There are a lot of myths about restrictive covenants and whether or not they are enforceable. Restrictive covenants are enforceable if they are no wider than necessary to protect an employer’s legitimate business interests. This can be a difficult test to apply but if your ex-employer tries to enforce restrictive covenants against you they are likely to be able to meet this test – at least at an initial stage – so restrictive covenants do need to be taken seriously and complied with where possible.

Will your actions damage your employer?

The first question to ask yourself when you are taking action that may be in breach of your restrictive covenants is whether or not your actions will materially damage your ex-employer. Enforcing restrictive covenants is expensive and it is highly unlikely that your ex-employer will take action against you unless they think their business will be damaged. Also, without evidence of such damage your employer may well not succeed with any enforcement action.

For example, you may join a competitor when your covenants prevent this, but your role at the competitor may mean there is no realistic possibility of your new role damaging your ex- employer’s business.

Conversely if your actions are likely to damage your new employer you need to be much more careful to ensure that you strictly comply with your covenants. Your employer is much more likely to take action against you and much more likely to succeed with this action.

What can you do to minimise your risk?

The first remedy your employer is likely to seek to enforce your restrictive covenants is an interim injunction i.e. asking the court to order you to comply with your restrictive covenants. An interim injunction is granted at a short form hearing where the judge only looks at written documents and no witnesses give oral evidence. The order lasts until the court has time to have a full hearing of the matter with oral witness evidence.

In reality, the interim hearing is often the end of the matter, particularly if your covenants are 6 months or less as there may be no time for a full hearing before your restrictive covenants expire. At an interim injunction hearing your ex-employer only needs to show there is an arguable case that you are in breach of your covenants.

An interim injunction hearing is very expensive and uncertain and best avoided. Before going to such a hearing your ex-employer is obliged to write to you setting out their allegations against you. If you can show that they are wrong and you have written evidence proving this you may well avoid an interim injunction hearing altogether.

You should consider keeping a written record of the following types of information:

  • Where you have a non-solicit restrictive covenant keep a written record of all contact with the client showing that they contacted you first and you did not contact them (phone records, texts, emails etc);
  • Where you have a non-deal restrictive covenant keep evidence that you have not personally dealt with that client in your new role;
  • Where you have a non-poach restrictive covenant keep evidence of all contact with your ex-colleague, showing that you did not approach them. Your colleague should also keep this evidence;
  • If you are contacting individuals whose details are on your ex-employer’s database keep evidence of how you obtained their details (e.g. google searches, 3rd party contact etc.).

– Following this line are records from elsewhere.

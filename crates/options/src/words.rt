ghost use Rattle.std.specs.Prelude.{◌≡◌, ◌<◌};
ghost use Rattle.options.specs.Words.{setting_place, flag_place, setting_of, flag_of, word_of};

use crate::setting::{Flag, Setting, Word};

impl Setting {
    // The setting's place.
    pub fn place(self) -> usize
        ensures value { result ≡ setting_place self }
        ensures within { result < 10 }
    {
        self as usize
    }
}

impl Flag {
    // The flag's place.
    pub fn place(self) -> usize
        ensures value { result ≡ flag_place self }
        ensures within { result < 3 }
    {
        self as usize
    }
}

// The setting that a word names.
fn setting_of(word: &[u8]) -> Option<Setting>
    ensures { result ≡ setting_of word.now }
{
    match word {
        b"--channel" => Some(Setting::Channel),
        b"--version" => Some(Setting::Version),
        b"--incremental" => Some(Setting::Incremental),
        b"--snapshot" => Some(Setting::Snapshot),
        b"--watch" => Some(Setting::Watch),
        b"--depth" => Some(Setting::Depth),
        b"--out" => Some(Setting::Out),
        b"--coverage" => Some(Setting::Coverage),
        _ => None,
    }
}

// The flag that a word raises.
fn flag_of(word: &[u8]) -> Option<Flag>
    ensures { result ≡ flag_of word.now }
{
    match word {
        b"--panel" => Some(Flag::Panel),
        b"--progress" => Some(Flag::Progress),
        b"--help" | b"-h" => Some(Flag::Help),
        _ => None,
    }
}

// What a word stands for.
pub fn word_of(word: &[u8]) -> Word
    ensures { result ≡ word_of word.now }
{
    if let Some(setting) = setting_of(word) {
        return Word::Names(setting);
    }
    if let Some(flag) = flag_of(word) {
        return Word::Raises(flag);
    }
    if word.starts_with(b"--") {
        return Word::Unknown;
    }
    Word::Plain
}
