use crate::setting::Setting;
use std::fmt;
use std::fmt::Display;

// why a command line is refused, each with the place of the word: no such option, an option that is named twice, one word too
// many, or an option without its value
#[derive(Clone, Copy, Debug, PartialEq, Eq)]
pub enum OptionFault {
    Unknown(usize),
    Twice(usize),
    Extra(usize),
    NoValue(Setting),
}

impl Display for OptionFault {
    fn fmt<W: fmt::Write>(&self, f: &mut fmt::Formatter<W>) -> fmt::Result {
        match self {
            OptionFault::Unknown(_) => f.write_str("there is no such option"),
            OptionFault::Twice(_) => f.write_str("an option is given twice"),
            OptionFault::Extra(_) => f.write_str("one word too many"),
            OptionFault::NoValue(setting) => write!(f, "{setting} wants a value behind it"),
        }
    }
}
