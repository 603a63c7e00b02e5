use std::fmt;
use std::fmt::Display;

// what a word of a command line gives a value to
#[derive(Clone, Copy, Debug, PartialEq, Eq)]
pub enum Setting {
    Sheet,
    Capture,
    Channel,
    Version,
    Incremental,
    Snapshot,
    Watch,
    Depth,
    Out,
    Coverage,
}

impl Display for Setting {
    fn fmt<W: fmt::Write>(&self, f: &mut fmt::Formatter<W>) -> fmt::Result {
        f.write_str(match self {
            Setting::Sheet => "SHEET",
            Setting::Capture => "CAPTURE",
            Setting::Channel => "--channel",
            Setting::Version => "--version",
            Setting::Incremental => "--incremental",
            Setting::Snapshot => "--snapshot",
            Setting::Watch => "--watch",
            Setting::Depth => "--depth",
            Setting::Out => "--out",
            Setting::Coverage => "--coverage",
        })
    }
}

// what a word of a command line turns on
#[derive(Clone, Copy, Debug, PartialEq, Eq)]
pub enum Flag {
    Panel,
    Progress,
    Help,
}

// what a word stands for where no value is awaited
#[derive(Clone, Copy, Debug, PartialEq, Eq)]
pub enum Word {
    Names(Setting),
    Raises(Flag),
    Unknown,
    Plain,
}
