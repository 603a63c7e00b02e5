ghost use Rattle.std.specs.Prelude.{◌≡◌};
ghost use Rattle.options.specs.Endpoints.{address_of, endpoint_of};

use capture::endpoint::Endpoint;
use commands::number::decimal_in;
use sheet_text::text::cut;

// The address that a word says.
fn address_in(word: &[u8]) -> Option<u32>
    ensures { result ≡ address_of word.now }
{
    let (first, rest) = cut(word, b'.')?;
    let (second, rest) = cut(rest, b'.')?;
    let (third, fourth) = cut(rest, b'.')?;
    let a = decimal_in(first)?;
    let b = decimal_in(second)?;
    let c = decimal_in(third)?;
    let d = decimal_in(fourth)?;
    Some(u32::from_be_bytes([a, b, c, d]))
}

// The address and port that a word says.
pub fn endpoint_in(word: &[u8]) -> Option<Endpoint>
    ensures { result ≡ endpoint_of word.now }
{
    let (before, after) = cut(word, b':')?;
    let address = address_in(before)?;
    let port = decimal_in(after)?;
    Some(Endpoint { address, port })
}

Remember there is no oral evidence and cross examination at an interim hearing so little weight is placed on statements made that are not backed up by a contemporaneous written record.

What if you decide to take the risk and breach your covenants?

It is very important that you don’t breach your restrictive covenants in a way that damages your ex-employer without your new employer’s knowledge and support. Your ex-employer is likely to write to both you and your new employer about any breach. If you haven’t kept your new employer informed (and sometimes even if you have) your new employer may simply dismiss you to protect themselves and you are without a job.

Don’t forget that as well as requiring you to comply with your covenants your ex-employer may be entitled to damages for the losses they have suffered as a result of your breach (or alternatively profits you have made). It is a good idea to seek an indemnity from your new employer so they will protect you for damages and legal costs if your ex-employer sues you. This needs to be done very carefully as it can be a damaging document in later litigation and should only be done with legal advice.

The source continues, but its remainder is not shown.